The Consumer Protection Act provides consumers with numerous remedies. The
following are such remedies:

1. Removal of Defects: If the consumer after conducting a proper test by using the
product finds the product to be defective, then the authority can pass an order for
the removal of such defects in the product.

2. Replacement of Goods: The consumer can get the defective goods replaced with
new ones, which are non-defective.

3. Refund of the Price: The consumer is entitled to get a refund of the price paid
by him for the goods or charges paid for the service if they are defective.
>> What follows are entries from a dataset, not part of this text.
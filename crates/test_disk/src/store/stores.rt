//! A disk, a journal on the disk, and a book: what commands of a test case work on.

use crate::memory::disk_with;
use crate::store::books::own_book;
use crate::store::files::{beginnings, changes};
use crate::store::words::{Reported, Word, reported_bad};
use book::OwnBook;
use diskmodel::MemDisk;
use sigface::HashSign;
use std::alloc::{AllocError, Global};
use validator::Config;

/// A disk and a book, both new in each test case.
#[derive(Drop)]
pub struct Store<'a> {
    pub alloc: Global,
    pub config: &'a Config<HashSign>,
    pub disk: MemDisk,
    pub book: OwnBook<'a, HashSign>,
}

impl<'a> Store<'a> {
    /// The state before the first test case.
    pub fn new(alloc: Global, config: &'a Config<HashSign>) -> Result<Store<'a>, AllocError> {
        Ok(Store {
            alloc,
            config,
            disk: disk_with(alloc, &[])?,
            book: own_book(alloc, config)?,
        })
    }

    /// Begins a test case, with an empty disk and a book that has accepted nothing.
    pub fn begin(&mut self) -> Reported {
        self.disk = disk_with(self.alloc, &[])?;
        self.book = own_book(self.alloc, self.config)?;
        Ok(())
    }

    /// Carries out a command of the test case. The words of some commands are interpreted by the function that carries them out. The other
    /// commands are distinguished by the number and kinds of their words, and then by their names.
    pub fn obey(&mut self, name: &str, words: &[Word], answer: &mut String) -> Reported {
        match name {
            "append" => self.append(words, answer),
            "stops" => self.report_stops(words, answer),
            "cut" => self.cut(words, answer),
            "fail" => self.fail(words, answer),
            _ => self.obey_few(name, words, answer),
        }
    }

    fn obey_few(&mut self, name: &str, words: &[Word], answer: &mut String) -> Reported {
        match words {
            [] => self.obey_alone(name, answer),
            [Word::Bytes(bytes)] => self.obey_bytes(name, bytes, answer),
            [Word::Number(room)] if name == "release_into" => {
                self.release_into(*room as usize, answer)
            }
            _ => self.obey_more(name, words, answer),
        }
    }

    fn obey_more(&mut self, name: &str, words: &[Word], answer: &mut String) -> Reported {
        match words {
            [Word::Number(first), Word::Number(second)] => {
                self.obey_numbers(name, *first, *second, answer)
            }
            [Word::Number(first), Word::Bytes(bytes)] => {
                self.obey_number_bytes(name, *first, bytes, answer)
            }
            _ => self.take_header(name, words, answer),
        }
    }

    fn obey_bytes(&mut self, name: &str, bytes: &[u8], answer: &mut String) -> Reported {
        match name {
            "disk" => self.renew(bytes),
            "choose" => self.choose(bytes),
            "can" => self.report_can(bytes, answer),
            _ => reported_bad(answer),
        }
    }

    fn obey_numbers(
        &mut self,
        name: &str,
        first: u64,
        second: u64,
        answer: &mut String,
    ) -> Reported {
        match name {
            "read" => self.read(first, second, answer),
            "group" => self.append_alike(first, second as usize, answer),
            "beginnings" => beginnings(self.alloc, self.disk.bytes(), first, second, answer),
            "changes" => changes(self.alloc, self.disk.bytes(), first, second, answer),
            "fill" => self.fill(first, second as usize, answer),
            "vote" => self.take_vote(first, second, answer),
            _ => reported_bad(answer),
        }
    }

    fn obey_number_bytes(
        &mut self,
        name: &str,
        number: u64,
        bytes: &[u8],
        answer: &mut String,
    ) -> Reported {
        match name {
            "write" => self.write(number, bytes, answer),
            "written" => self.append_written(number, bytes, answer),
            _ => reported_bad(answer),
        }
    }
}
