//! Openings of a node, or runs of a script, in which a call of the disk fails, and the openings on whatever a stop may leave after that.

use crate::memory::{failing_disk, stop_with};
use crate::store::openings::opened;
use crate::store::scripts::Script;
use crate::store::words::{Reported, put, put_once};
use diskmodel::{CallKind, MemDisk};
use sigface::HashSign;
use std::alloc::{AllocError, Global};
use validator::Config;

/// A byte that occurs in no journal here.
const OTHER: u8 = 0x99;

/// In how many ways the places are filled that were written and not synced when the machine stops.
const FILLS: usize = 4;

/// An attempt to open a node on a file, and to carry out a script if there is one, with the `count`-th call of this kind set to fail.
#[derive(Clone, Copy)]
pub struct Trial<'a> {
    pub alloc: Global,
    pub config: &'a Config<HashSign>,
    pub file: &'a [u8],
    pub kind: CallKind,
    pub count: u64,
    pub script: Option<Script<'a>>,
}

impl Trial<'_> {
    /// Adds the answer of the opening or of the script; then, for each outcome that a stop may leave after that, the answer of an opening
    /// on it. No answer is added twice.
    pub fn write_to(&self, answer: &mut String) -> Reported {
        let disk = self.play(answer)?;
        put(answer, "\n");
        let longest = disk.bytes().len().max(disk.durable().len());
        for fill in 0..FILLS {
            for length in 0..=longest {
                if length % FILLS == fill || length == longest {
                    self.report_outcome(&disk, length, fill, answer)?;
                }
            }
        }
        Ok(())
    }

    /// Adds how a node is opened after a stop that leaves the bytes of this length and fill, if a stop may leave them.
    fn report_outcome(
        &self,
        disk: &MemDisk,
        length: usize,
        fill: usize,
        answer: &mut String,
    ) -> Reported {
        let bytes = outcome(self.alloc, disk, length, fill)?;
        if disk.can_leave(&bytes) {
            self.report_after(&bytes, answer)?;
        }
        Ok(())
    }

    /// The disk after the opening, or after the script.
    fn play(&self, text: &mut String) -> Result<MemDisk, AllocError> {
        let disk = failing_disk(self.alloc, self.file, self.kind, self.count)?;
        match &self.script {
            Some(script) => script.left_by(disk, text),
            None => Ok(opened(self.alloc, self.config, disk, text)),
        }
    }

    /// Adds how a node is opened after a stop that leaves these bytes, unless the same was added already.
    fn report_after(&self, outcome: &[u8], answer: &mut String) -> Reported {
        let mut text = String::new(self.alloc);
        let mut disk = self.play(&mut text)?;
        stop_with(self.alloc, &mut disk, outcome)?;
        text.clear();
        put(
            &mut text,
            if disk.bytes() == outcome {
                "then "
            } else {
                "other bytes, "
            },
        );
        let _ = opened(self.alloc, self.config, disk, &mut text);
        put(&mut text, "\n");
        put_once(answer, text.as_str());
        Ok(())
    }
}

/// Bytes of this length that a stop may leave. By `fill`, the places that were written since the last sync hold what a read returns there,
/// what the last sync left, another byte, or in turn another byte and what a read returns.
fn outcome(
    alloc: Global,
    disk: &MemDisk,
    length: usize,
    fill: usize,
) -> Result<Vec<u8>, AllocError> {
    let (read, durable) = (disk.bytes(), disk.durable());
    let mut bytes = Vec::new(alloc);
    for place in 0..length {
        let was = durable.get(place).copied();
        let is_free = disk.is_written(place as u64);
        let byte = match (was, fill) {
            (Some(byte), _) if !is_free => byte,
            (_, 0) => read.get(place).copied().unwrap_or(OTHER),
            (_, 1) => was.unwrap_or(0),
            (_, 2) => OTHER,
            _ if place % 2 == 0 => OTHER,
            _ => read.get(place).copied().unwrap_or(0),
        };
        bytes.push(byte)?;
    }
    Ok(bytes)
}
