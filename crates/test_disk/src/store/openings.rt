//! Openings of a node, and how their answers are shown.

use crate::memory::disk_with;
use crate::store::disks::report_left;
use crate::store::journals::put_error;
use crate::store::words::{Reported, put, put_bytes, put_count};
use diskmodel::MemDisk;
use recovery::{reopen, reopen_pair};
use sigface::HashSign;
use std::alloc::{AllocError, Global};
use validator::{Config, Validator};
use wire::{Author, Round};

/// How many bytes of a digest are shown.
const SHOWN: usize = 4;

/// Opens a node on a file, and adds the answer and what is left of the file. Opens a node on that again, which has to give the same answer.
pub fn open(
    alloc: Global,
    config: &Config<HashSign>,
    file: &[u8],
    answer: &mut String,
) -> Reported {
    let mut text = String::new(alloc);
    let disk = opened(alloc, config, disk_with(alloc, file)?, &mut text);
    put(answer, text.as_str());
    report_left(answer, &disk, file);
    if reported(alloc, config, disk.bytes())?.as_str() != text.as_str() {
        put(answer, ", and then otherwise");
    }
    put(answer, "\n");
    Ok(())
}

/// The answer of opening a node on a file.
pub fn reported(
    alloc: Global,
    config: &Config<HashSign>,
    file: &[u8],
) -> Result<String, AllocError> {
    let mut text = String::new(alloc);
    let _ = opened(alloc, config, disk_with(alloc, file)?, &mut text);
    Ok(text)
}

/// Opens a node on a disk, and adds the answer. Returns the disk.
pub fn opened(
    alloc: Global,
    config: &Config<HashSign>,
    disk: MemDisk,
    text: &mut String,
) -> MemDisk {
    match reopen(alloc, config, disk) {
        Ok((validator, journal)) => {
            report_node(&validator, text);
            journal.into_disk()
        }
        Err(failed) => {
            put_error(text, failed.error);
            failed.disk
        }
    }
}

/// Opens a node on two disks, and adds the answer.
pub fn report_pair(
    alloc: Global,
    config: &Config<HashSign>,
    first: MemDisk,
    second: MemDisk,
    answer: &mut String,
) {
    match reopen_pair(alloc, config, first, second) {
        Ok((validator, journal)) => {
            report_node(&validator, answer);
            let _ = journal.into_store();
        }
        Err(failed) => put_error(answer, failed.error),
    }
    put(answer, "\n");
}

/// Adds what an opened node has: its round, the length of its order, and its votes in the first rounds, by author and round.
fn report_node(validator: &Validator<'_, HashSign>, text: &mut String) {
    put_count(text, "opened, round ", validator.round(), "");
    put_count(text, ", order ", validator.order().len() as u64, "");
    for author in 0..4 {
        for number in 1..=4 {
            if let Ok(round) = Round::new(number)
                && let Some(digest) = validator.voted(Author(author), round)
            {
                put_count(text, ", vote ", u64::from(author), "");
                put_count(text, ".", number, "");
                put_bytes(text, &digest.0[..SHOWN]);
            }
        }
    }
}
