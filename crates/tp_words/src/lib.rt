// A stream's state as words that the caller keeps: the limit, how many ranges are held, whether an end is known (0 or 1), the end, how many
// segments were accepted, and then for each range that can be held its start, its end and its number.
#![tactic(auto)]

ghost use Rattle.std.specs.Prelude.{◌≡◌, ◌<◌, ◌≤◌, ◌++◌, take};
ghost use Rattle.tp_machine.specs.Machine.{most};
ghost use Rattle.tp_words.specs.Words.{range_at, end_of, unfit as unfit_of, outside as outside_of, held_in, stream_of, known, flat, words_of, put as put_of};

use tp_machine::TpRange;
use tp_range::{MAX_RANGES, UNUSED};
use tp_stream::TpStream;

// The words before the ranges, those of one range, and as many as a state has.
pub const FRONT_WORDS: usize = 5;

pub const RANGE_WORDS: usize = 3;

pub const WORDS: usize = FRONT_WORDS + RANGE_WORDS * MAX_RANGES;

// The words of a state.
pub type Words = [u32; WORDS];

// The end that two words tell. (No `From`, here and below: a word is told by its place, and not by its type.)
pub fn end_of(known: u32, end: u32) -> Option<u32>
    ensures { result ≡ end_of known end }
{
    (known != 0).then_some(end)
}

// Whether an end is known, as a word.
pub fn known_of(end: Option<u32>) -> u32
    ensures { result ≡ known end }
{
    u32::from(end.is_some())
}

// A stream that is malformed.
fn outside() -> TpStream
    ensures { result ≡ outside_of }
{
    TpStream {
        limit: 0,
        ranges: [UNUSED; MAX_RANGES],
        count: 0,
        end: Some(1),
        accepted: 0,
    }
}

// The range at place i, behind the first five words. `tp_lent` has the same: see there.
fn range_at(words: &Words, i: usize) -> TpRange
    requires { i < most }
    ensures { result ≡ range_at words.now i }
{
    let at = FRONT_WORDS + RANGE_WORDS * i;
    TpRange {
        start: words[at],
        end: words[at + 1],
        number: words[at + 2],
    }
}

// The stream that these words hold.
fn held_in(words: &Words) -> TpStream
    ensures { result ≡ held_in words.now }
{
    let mut ranges = [UNUSED; MAX_RANGES];
    // by place, which is no longer than pieces of three words
    for (i, range) in ranges.iter_mut().enumerate() {
        *range = range_at(words, i);
    }
    TpStream {
        limit: words[0],
        ranges,
        count: words[1] as usize,
        end: end_of(words[2], words[3]),
        accepted: words[4],
    }
}

// Whether words are too few, or do not tell whether an end is known.
pub fn unfit(words: &[u32]) -> bool
    ensures { result ≡ unfit_of words.now }
{
    words.len() < WORDS || 1 < words[2]
}

// The stream that any words hold: a malformed one where they are unfit.
pub fn stream_of(words: &[u32]) -> TpStream
    ensures { result ≡ stream_of words.now }
{
    match words.first_chunk() {
        Some(first) if !unfit(first) => held_in(first),
        _ => outside(),
    }
}

// The ranges into the words behind the first five.
fn put_ranges(words: &mut Words, ranges: &[TpRange; MAX_RANGES])
    ensures { words.new ≡ take 5 words.old ++ flat ranges.now }
{
    // by place: of what an iterator over pieces of the words wrote nothing is known
    for (i, r) in ranges.iter().enumerate() {
        let at = FRONT_WORDS + RANGE_WORDS * i;
        words[at] = r.start;
        words[at + 1] = r.end;
        words[at + 2] = r.number;
    }
}

// A stream into the words of a state.
fn put_in(words: &mut Words, stream: TpStream)
    requires { stream.count ≤ most }
    ensures { words.new ≡ words_of stream }
{
    words[..FRONT_WORDS].copy_from_slice(&[
        stream.limit,
        stream.count as u32,
        known_of(stream.end),
        stream.end.unwrap_or(0),
        stream.accepted,
    ]);
    put_ranges(words, &stream.ranges);
}

// A stream into the words that were lent. They are left alone where they are too few, or the stream counts more ranges than may be held (no
// accepted call comes to one).
pub fn put(words: &mut [u32], stream: TpStream)
    ensures { words.new ≡ put_of words.old stream }
{
    if MAX_RANGES < stream.count {
        return;
    }
    if let Some(first) = words.first_chunk_mut() {
        put_in(first, stream);
    }
}
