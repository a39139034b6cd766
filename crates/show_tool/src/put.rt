//! Puts how the program is used.

ghost use Rattle.std.specs.Prelude.{◌≡◌, ◌≤◌, IfOk};
ghost use Rattle.std.specs.Result.{OnErr};
ghost use Rattle.fsmd_replies.specs.declared.answer.Status.TheVariants.{Usage};
ghost use Rattle.fsmd_tool.specs.SinkReplies.{IsPut, put_between};
ghost use Rattle.show_tool.specs.ViewCalls.{usage_text};

use fs_base::outside::Sink;
use fsmd_replies::answer::Status;
use fsmd_tool::put::put_whole;
use std::alloc::AllocError;

const USAGE: &str =
    "usage: fsmd_show machine A | pair A B | why A B | certificate A B C | inputs A B | trace A I [--steps N]\n";

/// Puts how the program is used, and gives `Usage`, or `Fault` where the sink failed.
///
/// The error is out of memory: the line is longer than the sink has room; then nothing was put.
pub fn put_usage<S: Sink>(out: &mut S) -> Result<Status, AllocError>
    ensures ok { IfOk result (λ status. IsPut usage_text Usage (put_between status (S.told out.old) (S.told out.new))) }
    ensures err { OnErr result ((S.told out.new).got ≡ (S.told out.old).got) }
    ensures sink_counts { (S.told out.old).faults ≤ (S.told out.new).faults }
{
    put_whole(USAGE.as_bytes(), Status::Usage, out)
}
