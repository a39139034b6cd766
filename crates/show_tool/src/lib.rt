//! The views of `fsmd_show`: their files in order, and what is put.
//!
//! Promises: `drive_show`: all that is promised of a call; `run_program`: the program as a whole.
//!
//! Rules: `specs/Views`, `specs/ViewCalls`.
#![tactic(auto)]

mod answers;
pub mod drive;
pub mod program;
mod put;
mod views;
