//! The entries of an array as a list.

ghost use Rattle.std.specs.Prelude.{◌≡◌, ◌++◌, ◌∷◌, [], not, pos, IfOk};
ghost use Rattle.std.specs.Ordering.{int_eq};
ghost use Rattle.std.specs.Result.{OnOk};
ghost use Rattle.fs_stores.specs.Values.{entry_number};
ghost use Rattle.fs_stores.specs.EntryLists.{IsListing};

use crate::memory::NoMemory;
use crate::values::Entries;
use std::alloc::Global;

impl Entries {
    /// The entries that are not 0, each with its index, in increasing order of index. The one refusal is out of memory.
    pub fn list(&self, alloc: Global) -> Result<Vec<(i128, i128)>, NoMemory>
        ensures listing { IfOk result (λ es. IsListing (entry_number self.now) es.items) }
    {
        let mut list = Vec::new(alloc);
        for (index, number) in self.map.iter() {
            if is_listed(number) {
                push_entry(&mut list, index, number)?;
            }
        }
        Ok(list)
    }
}

// Whether a number is listed: it is where it is not 0.
fn is_listed(number: &i128) -> bool
    ensures { result ≡ not (int_eq number.now (pos 0)) }
{
    *number != 0
}

fn push_entry(list: &mut Vec<(i128, i128)>, index: &i128, number: &i128) -> Result<(), NoMemory>
    ensures { OnOk result (list.new.items ≡ list.old.items ++ (index.now, number.now) ∷ []) }
{
    list.push((*index, *number))?;
    Ok(())
}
4. Award of Compensation: A consumer can demand compensation from the


trader or service provider due to his negligence if the consumer has suffered any
loss due to some physical injury.

5. Removal of Deficiency in Service: The authority can pass orders for removal of
the deficiency if there is any deficiency in the delivery of the service. For instance,
the court can pass orders to sanction the loan if the bank is making unnecessary
delay in sanctioning the loan.

6. Discontinuance of Unfair/Restrictive Trade Practices: If a complaint is filed


by the consumer against any unfair trade practice in the market, the authority can
order an immediate withdrawal of such a practice or even ban it.

7. Stopping of Sale of Hazardous Goods: The consumers have a relief to remove


or withdraw hazardous goods from the market. Legal action can also be taken
against the trader who has sold such goods.